“The most valuable gift you have to offer is yourself.”
Have you ever been around someone with a strong accent? Maybe a “U-per,” a Londoner, or even a Southerner? Of course you have. Now here comes the question of Authenticity: Did you start to pick up their accent after you talked to them for a while? Did you parrot their pronunciation of particular phrases? We've all done it just a little bit. I’m guilty as charged. When I moved to the South six years ago, I found myself going on lots of sales calls outside the metro city limits. Sometimes the people I talked to spoke so slowly that I wanted to complete their sentences for them! For some reason, I felt myself trying to drawl, trying to speak a little slower, and trying to throw in a “y’all” for good measure.
It didn’t work. It was a feigned attempt at acceptance. Not only was I asked, “So, are you from around here?,” I was also caught somewhere between trying to fit in and trying to get my message across effectively. I wasn’t authentic. And I was naïve to think that I had to use certain colloquial words and phrases to be heard.

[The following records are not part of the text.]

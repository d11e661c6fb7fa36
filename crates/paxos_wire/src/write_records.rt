//! Ballots and commands by themselves, written behind other bytes as they stand in the records of a journal.
//!
//! The reserved ones are the public forms of what frames are written by. They want numbers in their ranges, so that what
//! is written reads back.

ghost use Rattle.std.specs.Prelude.{◌≡◌, ◌+◌, ◌≤◌, ◌++◌, length, OnOk, IsOk, OnErr};
ghost use Rattle.std.specs.Vec.{vec_len, vec_capacity};
ghost use Rattle.slot_log.specs.Range.{IsInRange};
ghost use Rattle.paxos_wire.specs.Fits.{IsCommand, IsBallot};
ghost use Rattle.paxos_wire.specs.Spelling.{ballot_text, command_text};

use crate::ballot::Ballot;
use crate::count_bytes::command_len;
use crate::limits::BALLOT_BYTES;
use crate::write_command_bytes::put_command;
use crate::write_numbers::put_ballot;
use slot_log::Command;
use std::alloc::AllocError;

/// Appends the five bytes of a ballot. An `Err`, for want of memory, changes no byte.
pub fn write_ballot(out: &mut Vec<u8>, ballot: Ballot) -> Result<(), AllocError>
    requires { IsBallot ballot }
    ensures ok { OnOk result (out.new.items ≡ out.old.items ++ ballot_text ballot) }
    ensures err { OnErr result (out.new.items ≡ out.old.items) }
    // It fails only where the room is missing.
    ensures room { vec_len out.old + 5 ≤ vec_capacity out.old → IsOk result }
{
    out.reserve(BALLOT_BYTES)?;
    write_ballot_reserved(out, ballot);
    Ok(())
}

/// Appends the five bytes of a ballot, where the room for them is there already.
pub fn write_ballot_reserved(out: &mut Vec<u8>, ballot: Ballot)
    requires ballot { IsBallot ballot }
    requires room { vec_len out.old + 5 ≤ vec_capacity out.old }
    ensures text { out.new.items ≡ out.old.items ++ ballot_text ballot }
    ensures capacity { vec_capacity out.old ≤ vec_capacity out.new }
{
    put_ballot(out, ballot);
}

/// Appends the bytes of a command. An `Err`, for want of memory, changes no byte.
pub fn write_command(out: &mut Vec<u8>, command: &Command) -> Result<(), AllocError>
    requires { IsInRange command.now }
    ensures ok { OnOk result (out.new.items ≡ out.old.items ++ command_text command.now) }
    ensures err { OnErr result (out.new.items ≡ out.old.items) }
    // It fails only where the room is missing.
    ensures room { vec_len out.old + length (command_text command.now) ≤ vec_capacity out.old → IsOk result }
    // The cards of a deal are dealt too, so that the bytes read back as the command.
    ensures command { OnOk result (IsCommand command.now) }
{
    out.reserve(command_len(command))?;
    write_command_reserved(out, command);
    Ok(())
}

/// Appends the bytes of a command, where the room for them (`command_len`) is there already.
pub fn write_command_reserved(out: &mut Vec<u8>, command: &Command)
    requires range { IsInRange command.now }
    requires room { vec_len out.old + length (command_text command.now) ≤ vec_capacity out.old }
    ensures text { out.new.items ≡ out.old.items ++ command_text command.now }
    ensures capacity { vec_capacity out.old ≤ vec_capacity out.new }
    // The cards of a deal are dealt too, so that the bytes read back as the command.
    ensures command { IsCommand command.now }
{
    put_command(out, command);
}
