//! Entries, written behind other bytes: a command with its slot and its ballot.

ghost use Rattle.std.specs.Prelude.{◌≡◌, ◌+◌, ◌≤◌, ◌++◌, length, map};
ghost use Rattle.std.specs.Vec.{vec_len, vec_capacity};
ghost use Rattle.std.specs.List.{flat_map, AllByRecursion};
ghost use Rattle.paxos_wire.specs.Fits.{IsDealt};
ghost use Rattle.paxos_wire.specs.Spelling.{entry_text};

use crate::entry::Entry;
use crate::write_command_bytes::put_command;
use crate::write_numbers::{put_ballot, put_number};

/// Puts an entry behind the last byte.
fn put_entry(out: &mut Vec<u8>, entry: &Entry)
    requires { vec_len out.old + length (entry_text entry.now) ≤ vec_capacity out.old }
    ensures items { out.new.items ≡ out.old.items ++ entry_text entry.now }
    ensures capacity { vec_capacity out.old ≤ vec_capacity out.new }
    ensures dealt { IsDealt entry.now.command }
{
    put_number(out, entry.slot);
    put_ballot(out, entry.ballot);
    put_command(out, &entry.command);
}

/// Puts entries behind the last byte.
pub(crate) fn put_entries(out: &mut Vec<u8>, entries: &[Entry])
    requires { vec_len out.old + length (flat_map entry_text entries.now) ≤ vec_capacity out.old }
    ensures items { out.new.items ≡ out.old.items ++ flat_map entry_text entries.now }
    ensures capacity { vec_capacity out.old ≤ vec_capacity out.new }
    ensures dealt { AllByRecursion IsDealt (map (λ e. e.command) entries.now) }
{
    for entry in entries {
        put_entry(out, entry);
    }
}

As it turns out, I performed much better when I let the “You Guys” flow freely. Not only were people more genuinely interested in me, and who I was, they also wanted to know where I was from and what brought me into town. That kind of exchange was the beginning of a real relationship. So the Go-Giver Law of Authenticity goes: It’s always easy to spot a fake. Your audience appreciates the real and truthful so much more. Whether you’re from Buffalo, Britain, Birmingham or the Bahamas, let your freak flag fly and annunciate with pride.